Leaders must understand that they need to improve data literacy to help their organisations build effective data-focused business models and create good data governance processes and practices that will result in them becoming more trusted with data. Non-technical workers must have access to tools and training that help them understand the links between data and AI, including using prompts effectively to get the best out of the generative AI tools.
The opportunity of generative AI
Rather than replacing people, AI is an important and helpful tool for both skilled and inexperienced workers. AI models can be built and trained to develop accessible tools for everyone to find, publish and analyse data without having to learn to code. The opportunity is significant; for example, a study by GitHub showed that Copilot was a particular benefit to less experienced software developers. It also helped experienced workers, showing that it helped participants to stay in the flow (73%), preserve mental effort during repetitive tasks (87%), and complete tasks (56%) faster than those without Copilot.
AI could potentially benefit productivity in UK-friendly industries such as services by supporting less experienced or qualified workers.
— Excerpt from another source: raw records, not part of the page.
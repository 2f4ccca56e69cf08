//! The files of a folder as disks.
use mdcc_disks::Disks;
use mdcc_disks_files::FileDisks;
use std::alloc::Global;
use std::test::Fail;

// Sizes below, at and above that of the blocks in which a file is read and written.
const SIZES: [usize; 11] = [1, 65_534, 1, 1, 65_535, 2, 65_536, 3, 65_537, 5, 40_000];

// One object creates a file, locks it, and writes, reads and cuts it; another is refused at each call and leaves it as it is,
// until the first is dropped.
#[test]
fn keeps_bytes_for_one(rt: HostRuntime) -> Result<(), Fail> {
    let mut buffer = [0u8; 4];
    let mut first = FileDisks::new(rt.alloc(), &rt);
    let mut second = FileDisks::new(rt.alloc(), &rt);
    assert_eq!(rt; first.cut(2, 0), Ok(()));
    assert_eq!(rt; first.length(2), Ok(0));
    assert!(rt; first.read(2, 0, &mut buffer).is_err());
    assert_eq!(rt; first.write_at(2, 0, b"abcdef"), Ok(()));
    assert_eq!(rt; first.sync(2), Ok(()));
    assert!(rt; second.length(2).is_err());
    assert!(rt; second.read(2, 0, &mut buffer).is_err());
    assert!(rt; second.write_at(2, 0, b"xyz").is_err());
    assert!(rt; second.cut(2, 0).is_err());
    assert!(rt; second.sync(2).is_err());
    assert_eq!(rt; first.read(2, 2, &mut buffer), Ok(4));
    assert_eq!(rt; buffer, *b"cdef");
    assert_eq!(rt; first.cut(2, 3), Ok(()));
    assert_eq!(rt; first.length(2), Ok(3));
    assert!(rt; first.length(0).is_err());
    assert!(rt; first.length(10).is_err());
    drop(first);
    assert_eq!(rt; second.length(2), Ok(3));
    assert_eq!(rt; second.read(2, 0, &mut buffer), Ok(3));
    assert!(rt; buffer.starts_with(b"abc"));
    assert_eq!(rt; second.cut(2, 0), Ok(()));
    Ok(())
}

// Appends writes of all sizes to a disk, and answers their bytes; none where a write fails.
fn write_all(alloc: Global, disks: &mut FileDisks<'_, HostRuntime>) -> Result<Vec<u8>, Fail> {
    let mut all = Vec::new(alloc);
    for size in SIZES {
        let start = all.len();
        for k in 0..size {
            all.push((k % 251) as u8)?;
        }
        let (_, bytes) = all.as_slice().split_at(start.min(all.len()));
        if disks.write_at(3, start as u64, bytes).is_err() {
            return Ok(Vec::new(alloc));
        }
    }
    Ok(all)
}

// Whether the disk has these bytes and no others, read by as many as the buffer takes.
fn has(disks: &mut FileDisks<'_, HostRuntime>, bytes: &[u8], buffer: &mut [u8]) -> bool {
    let mut rest = bytes;
    let mut offset = 0u64;
    for _ in 0..bytes.len() {
        let Ok(count) = disks.read(3, offset, buffer) else {
            break;
        };
        if count > rest.len() || count > buffer.len() {
            return false;
        }
        let (read, behind) = rest.split_at(count);
        if buffer.split_at(count).0 != read {
            return false;
        }
        rest = behind;
        offset = offset.saturating_add(count as u64);
    }
    rest.is_empty() && disks.length(3) == Ok(bytes.len() as u64)
}

// What was written is read back, before it is synced, and by another object; so is what is written over it and after a cut.
#[test]
fn keeps_writes_of_all_sizes(rt: HostRuntime) -> Result<(), Fail> {
    let alloc = rt.alloc();
    let mut large = vec![in alloc; 0u8; 70_000]?;
    let mut small = [0u8; 1000];
    let mut disks = FileDisks::new(alloc, &rt);
    assert_eq!(rt; disks.cut(3, 0), Ok(()));
    let mut all = write_all(alloc, &mut disks)?;
    assert!(rt; all.len() > 200_000);
    assert!(rt; has(&mut disks, &all, &mut small));
    assert!(rt; has(&mut disks, &all, &mut large));
    assert_eq!(rt; disks.write_at(3, 65_530, b"over a bound"), Ok(()));
    assert_eq!(rt; disks.write_at(3, 7, b"in front"), Ok(()));
    all[65_530..65_542].copy_from_slice(b"over a bound");
    all[7..15].copy_from_slice(b"in front");
    assert_eq!(rt; disks.sync(3), Ok(()));
    drop(disks);

    let mut disks = FileDisks::new(alloc, &rt);
    assert!(rt; has(&mut disks, &all, &mut large));
    assert!(rt; has(&mut disks, &all, &mut small));
    assert_eq!(rt; disks.write_at(3, all.len() as u64, b"to be cut"), Ok(()));
    assert_eq!(rt; disks.cut(3, 131_000), Ok(()));
    all.truncate(131_000);
    assert!(rt; disks.read(3, 131_000, &mut small).is_err());
    assert_eq!(rt; disks.write_at(3, 131_000, b"after it"), Ok(()));
    all.extend_from_slice(b"after it")?;
    drop(disks);

    let mut disks = FileDisks::new(alloc, &rt);
    assert!(rt; has(&mut disks, &all, &mut small));
    assert_eq!(rt; disks.cut(3, 0), Ok(()));
    assert!(rt; disks.read(3, 0, &mut small).is_err());
    Ok(())
}

// How many zeros are written behind the end at first, and at most.
const FIRST: u64 = 1 << 16;

const MOST: u64 = 1 << 20;

// What a disk has that holds this front, durable, and then is given this end: its length, and that of the file, which another object
// finds. None where a call fails.
fn lengths(rt: &HostRuntime, place: u8, front: &[u8], end: &[u8]) -> Option<(u64, u64)> {
    let mut disks = FileDisks::new(rt.alloc(), rt);
    disks.cut(place, 0).ok()?;
    disks.write_at(place, 0, front).ok()?;
    disks.sync(place).ok()?;
    disks.write_at(place, front.len() as u64, end).ok()?;
    let length = disks.length(place).ok()?;
    drop(disks);
    let mut disks = FileDisks::new(rt.alloc(), rt);
    Some((length, disks.length(place).ok()?))
}

// The length of the file of a disk after so many writes of 50,000 bytes, each durable.
fn length_of_file(rt: &HostRuntime, writes: u64, bytes: &[u8]) -> Option<u64> {
    let mut disks = FileDisks::new(rt.alloc(), rt);
    disks.cut(4, 0).ok()?;
    disks.write_at(4, 0, b"123456789").ok()?;
    disks.sync(4).ok()?;
    for number in 0..writes {
        disks
            .write_at(4, number.checked_mul(50_000)?.checked_add(9)?, bytes)
            .ok()?;
        disks.sync(4).ok()?;
    }
    drop(disks);
    let mut disks = FileDisks::new(rt.alloc(), rt);
    disks.length(4).ok()
}

// Zeros are written ahead once as many bytes are durable as a log begins with, and not for a write that is longer than they may be. They
// are no bytes of the disk; another object finds them behind its end, and a cut takes them off.
#[test]
fn writes_zeros_ahead(rt: HostRuntime) -> Result<(), Fail> {
    let large = vec![in rt.alloc(); 7u8; 1_048_577]?;
    let mut buffer = vec![in rt.alloc(); 1u8; 1_048_576]?;
    assert_eq!(rt; lengths(&rt, 4, b"12345678", b"end"), Some((11, 11)));
    assert_eq!(rt;
        lengths(&rt, 4, b"123456789", &large),
        Some((1_048_586, 1_048_586))
    );
    assert_eq!(rt;
        lengths(&rt, 4, b"123456789", b"end"),
        Some((12, 9 + FIRST))
    );
    let mut disks = FileDisks::new(rt.alloc(), &rt);
    assert_eq!(rt; disks.read(4, 12, &mut buffer), Ok(65_533));
    let (zeros, _) = buffer.as_slice().split_at(buffer.len().min(65_533));
    assert!(rt; zeros.iter().all(|byte| *byte == 0));
    assert_eq!(rt; disks.cut(4, 12), Ok(()));
    drop(disks);
    let mut disks = FileDisks::new(rt.alloc(), &rt);
    assert_eq!(rt; disks.length(4), Ok(12));
    assert_eq!(rt; disks.read(4, 9, &mut buffer), Ok(3));
    assert!(rt; buffer.starts_with(b"end"));
    assert_eq!(rt; disks.cut(4, 0), Ok(()));
    Ok(())
}

// They are twice as many each time, up to a mebibyte, from the end of the bytes on: written at 9, at 50,009, 150,009, 400,009, 900,009 and
// 1,900,009 bytes.
#[test]
fn writes_more_zeros_each_time(rt: HostRuntime) -> Result<(), Fail> {
    let buffer = vec![in rt.alloc(); 7u8; 50_000]?;
    assert_eq!(rt; length_of_file(&rt, 1, &buffer), Some(9 + FIRST));
    assert_eq!(rt; length_of_file(&rt, 3, &buffer), Some(50_009 + 2 * FIRST));
    assert_eq!(rt; length_of_file(&rt, 4, &buffer), Some(150_009 + 4 * FIRST));
    assert_eq!(rt; length_of_file(&rt, 9, &buffer), Some(400_009 + 8 * FIRST));
    assert_eq!(rt; length_of_file(&rt, 19, &buffer), Some(900_009 + MOST));
    assert_eq!(rt; length_of_file(&rt, 38, &buffer), Some(900_009 + MOST));
    assert_eq!(rt; length_of_file(&rt, 39, &buffer), Some(1_900_009 + MOST));
    Ok(())
}

// What is written over zeros is read back as far as it goes, and no zeros before they are synced.
#[test]
fn writes_over_zeros(rt: HostRuntime) -> Result<(), Fail> {
    let mut buffer = [1u8; 8];
    let mut disks = FileDisks::new(rt.alloc(), &rt);
    assert_eq!(rt; disks.cut(5, 0), Ok(()));
    assert_eq!(rt; disks.write_at(5, 0, b"123456789"), Ok(()));
    assert_eq!(rt; disks.write_at(5, 9, b"abc"), Ok(()));
    assert_eq!(rt; disks.sync(5), Ok(()));
    assert_eq!(rt; disks.write_at(5, 12, b"def"), Ok(()));
    assert_eq!(rt; disks.read(5, 10, &mut buffer), Ok(5));
    assert!(rt; buffer.starts_with(b"bcdef"));
    assert!(rt; disks.read(5, 15, &mut buffer).is_err());
    assert_eq!(rt; disks.sync(5), Ok(()));
    assert_eq!(rt; disks.write_at(5, 8, b"x"), Ok(()));
    assert_eq!(rt; disks.write_at(5, 15, b"ghi"), Ok(()));
    assert_eq!(rt; disks.length(5), Ok(18));
    drop(disks);
    let mut disks = FileDisks::new(rt.alloc(), &rt);
    assert_eq!(rt; disks.length(5), Ok(12 + FIRST));
    assert_eq!(rt; disks.read(5, 8, &mut buffer), Ok(8));
    assert_eq!(rt; buffer, *b"xabcdefg");
    assert_eq!(rt; disks.cut(5, 0), Ok(()));
    Ok(())
}

// No zeros are written past the length that a file may have: it is opened again.
#[test]
fn keeps_within_the_limit(rt: HostRuntime) -> Result<(), Fail> {
    let near = (1u64 << 30) - 20;
    let mut disks = FileDisks::new(rt.alloc(), &rt);
    assert_eq!(rt; disks.cut(6, 0), Ok(()));
    assert_eq!(rt; disks.write_at(6, near, b"end"), Ok(()));
    assert_eq!(rt; disks.sync(6), Ok(()));
    assert_eq!(rt; disks.write_at(6, near + 3, b"more"), Ok(()));
    assert_eq!(rt; disks.length(6), Ok(near + 7));
    drop(disks);
    let mut disks = FileDisks::new(rt.alloc(), &rt);
    assert_eq!(rt; disks.length(6), Ok(1 << 30));
    assert_eq!(rt; disks.cut(6, 0), Ok(()));
    Ok(())
}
For example, call centre agents with access to an AI conversational assistant improved their productivity by 14% on average, with a 35% improvement for novice and low-skilled workers.
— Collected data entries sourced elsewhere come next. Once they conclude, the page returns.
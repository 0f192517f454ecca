use units::Distance;

// An item and the place where it stands.
#[derive(Clone, Copy, Debug, Default, PartialEq, Eq)]
pub struct Placed<T> {
    pub place: Distance,
    pub item: T,
}
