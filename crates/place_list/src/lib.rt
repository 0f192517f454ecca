#![tactic(auto)]

mod keyed;
mod list;
mod placed;
mod refusal;

pub use keyed::Keyed;
pub use list::PlaceList;
pub use placed::Placed;
pub use refusal::Refusal;
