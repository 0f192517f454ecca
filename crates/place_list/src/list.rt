ghost use Rattle.std.specs.Prelude.{◌≡◌, ◌≤◌, true, length, take};
ghost use Rattle.place_list.specs.Order.{ascends};
ghost use Rattle.place_list.specs.Places.{place_of};

mod finding;
mod insertion;
mod making;
mod reading;
mod removal;

use crate::placed::Placed;

// Items in memory that the caller lends, in the order of their places; at the same place they stand in the order in which they came. No heap is used.
#[derive(Drop)]
pub struct PlaceList<'a, T> {
    memory: &'a mut [Placed<T>],
    // how much of the memory is in use, from its start
    len: usize,
    // how many items are allowed, however long the memory
    max_len: usize,
    ghost within: { len ≤ length memory.now },
    ghost allowed: { len ≤ max_len },
    ghost ascending: { ascends place_of (take len memory.now) ≡ true },
}
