ghost use Rattle.std.specs.Prelude.{◌≡◌};
ghost use Rattle.place_list.specs.Refusals.{number};

// Why an insert is refused, with the number by which it is reported.
#[derive(Clone, Copy, Debug, PartialEq, Eq)]
pub enum Refusal {
    // No more items fit.
    Full = 11,
}

impl Refusal {
    // The number by which the refusal is reported.
    pub fn number(self) -> u8
        ensures { result ≡ number self }
    {
        self as u8
    }
}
Understanding the limitations
Researchers at Harvard Business School found that while AI can provide real value, its unpredictable failure points and opacity about how best to use the tools mean that the value and risks of AI are unclear to many users and organisations. Large Language Models (LLMs) have well-documented drawbacks due to their early stage of development, from suffering hallucinations to a lack of accuracy.
We know that they are still liable to suggest fictional datasets, perform inaccurate analyses, and cite sources incorrectly (if they name any at all).
To get the best out of generative AI (GenAI) tools, people need to adapt and learn to work effectively with AI, using it as a companion tool rather than relying on its outputs without question. GenAI can even help create better education programmes, including data-related ones, helping its users to learn new AI skills, which enable us to check generative AI’s outputs and provide skilful prompts to improve its results.
Currently, most training is either on AI or data, but we also need training on data-centric AI to understand the specific data-related issues that affect some of the most popular models like ChatGPT.
The time to act is now
AI brings significant opportunities for efficiency, economic growth, and innovation. If we want to unlock the UK’s AI potential and secure our place as world leaders, we must place data at the heart of what we do. We urgently need to shift the AI narrative from an exclusive focus on model development to a wider understanding of data and the needs of the people using it. Ensuring everyone can access and use data effectively is critical for empowering people to make better decisions and create equitable outcomes for society.
There is much to do, and technology is moving at lightning speed. We need to work quickly to translate ideas into action before competitors overtake us.
Elena Simperl is a computer science professor from the Open Data Institute and King’s College London.